■ **Assignment**: Print out every entry that follows, exactly as written.
++++ Record set ++++
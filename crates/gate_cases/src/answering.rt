// What each call answers.
ghost use Rattle.std.specs.Thread.{IsSync};

use crate::batches::{dealt, long_jobs_told, meeting_jobs_told};
use crate::runs::{flow, long_record, meet, steady};
use crate::stream_parts::memory::{adapters, joined, sink, sources};
use crate::stream_parts::pieces::cut;
use crate::streams::stream;
use gate_tables::{Caller, Row, Text};
use std::alloc::Global;
use std::rt::Files;
use std::thread::Threads;
use std::{fs, io};

/// The calls on what comes in pieces and is shared.
#[derive(Drop)]
pub struct Runs;

impl Caller for Runs {
    fn answer<R: Files + Threads + Sync + AllocGlobal>(
        &self,
        rt: &R,
        out: &mut Text,
        row: &Row,
    ) -> io::Result<()>
        requires { IsSync R.row }
    {
        if row.field(2).ends_with(".sdf") {
            let record = fs::read(rt, row.field(2))?;
            of_record(rt, rt.alloc(), out, row, &record);
            return Ok(());
        }
        of_workers(rt, rt.alloc(), out, row);
        Ok(())
    }
}

// Of runs over copies of a record.
fn of_record<R: Threads + Sync>(rt: &R, alloc: Global, out: &mut Text, row: &Row, record: &[u8]) {
    match row.call() {
        "long record" => long_record(rt, alloc, out, row, record),
        "steady" => steady(rt, alloc, out, record),
        "flow" => flow(rt, alloc, out, record),
        "meet" => meet(rt, alloc, out, row, record),
        _ => out.push_str("no call of a record"),
    }
}

// Of what several workers do, or else of what one thread does.
fn of_workers<R: Threads + Sync>(rt: &R, alloc: Global, out: &mut Text, row: &Row) {
    match row.call() {
        "stream" => stream(rt, alloc, out, row),
        "jobs meet" => meeting_jobs_told(rt, alloc, out, row.number(2)),
        "unlike jobs" => long_jobs_told(rt, alloc, out, row.number(2)),
        "dealt" => dealt(rt, alloc, out),
        _ => of_bytes(alloc, out, row),
    }
}

fn of_bytes(alloc: Global, out: &mut Text, row: &Row) {
    match row.call() {
        "sources" => sources(alloc, out),
        "sink" => sink(alloc, out),
        "joined" => joined(alloc, out, row.field(2)),
        "adapters" => adapters(alloc, out),
        "cut" => cut(alloc, out, row),
        _ => out.push_str("there is no such call"),
    }
}
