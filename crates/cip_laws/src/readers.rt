// What readers give of records.
pub mod framing;
pub mod items;
pub mod printed;
pub mod records;
pub mod tables;
pub mod text;
pub mod v2000;
pub mod v3000;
++++
■ **Answer to this exercise**:
filename crates/gate_cases/src/answering.rt
// What each call answers.
ghost use Rattle.std.specs.Thread.{IsSync};

use crate::batches::{dealt, long_jobs_told, meeting_jobs_told};
use crate::runs::{flow, long_record, meet, steady};
use crate::stream_parts::memory::{adapters, joined, sink, sources};
use crate::stream_parts::pieces::cut;
use crate::streams::stream;
use gate_tables::{Caller, Row, Text};
use std::alloc::Global;
use std::rt::Files;
use std::thread::Threads;
use std::{fs, io};

/// The calls on what comes in pieces and is shared.
#[derive(Drop)]
pub struct Runs;

impl Caller for Runs {
    fn answer<R: Files + Threads + Sync + AllocGlobal>(
        &self,
        rt: &R,
        out: &mut Text,
        row: &Row,
    ) -> io::Result<()>
        requires { IsSync R.row }
    {
        if row.field(2).ends_with(".sdf") {
            let record = fs::read(rt, row.field(2))?;
            of_record(rt, rt.alloc(), out, row, &record);
            return Ok(());
        }
        of_workers(rt, rt.alloc(), out, row);
        Ok(())
    }
}

// Of runs over copies of a record.
fn of_record<R: Threads + Sync>(rt: &R, alloc: Global, out: &mut Text, row: &Row, record: &[u8]) {
    match row.call() {
        "long record" => long_record(rt, alloc, out, row, record),
        "steady" => steady(rt, alloc, out, record),
        "flow" => flow(rt, alloc, out, record),
        "meet" => meet(rt, alloc, out, row, record),
        _ => out.push_str("no call of a record"),
    }
}

// Of what several workers do, or else of what one thread does.
fn of_workers<R: Threads + Sync>(rt: &R, alloc: Global, out: &mut Text, row: &Row) {
    match row.call() {
        "stream" => stream(rt, alloc, out, row),
        "jobs meet" => meeting_jobs_told(rt, alloc, out, row.number(2)),
        "unlike jobs" => long_jobs_told(rt, alloc, out, row.number(2)),
        "dealt" => dealt(rt, alloc, out),
        _ => of_bytes(alloc, out, row),
    }
}

fn of_bytes(alloc: Global, out: &mut Text, row: &Row) {
    match row.call() {
        "sources" => sources(alloc, out),
        "sink" => sink(alloc, out),
        "joined" => joined(alloc, out, row.field(2)),
        "adapters" => adapters(alloc, out),
        "cut" => cut(alloc, out, row),
        _ => out.push_str("there is no such call"),
    }
}
filename crates/cip_laws/src/readers.rt
// What readers give of records.
pub mod framing;
pub mod items;
pub mod printed;
pub mod records;
pub mod tables;
pub mod text;
pub mod v2000;
pub mod v3000;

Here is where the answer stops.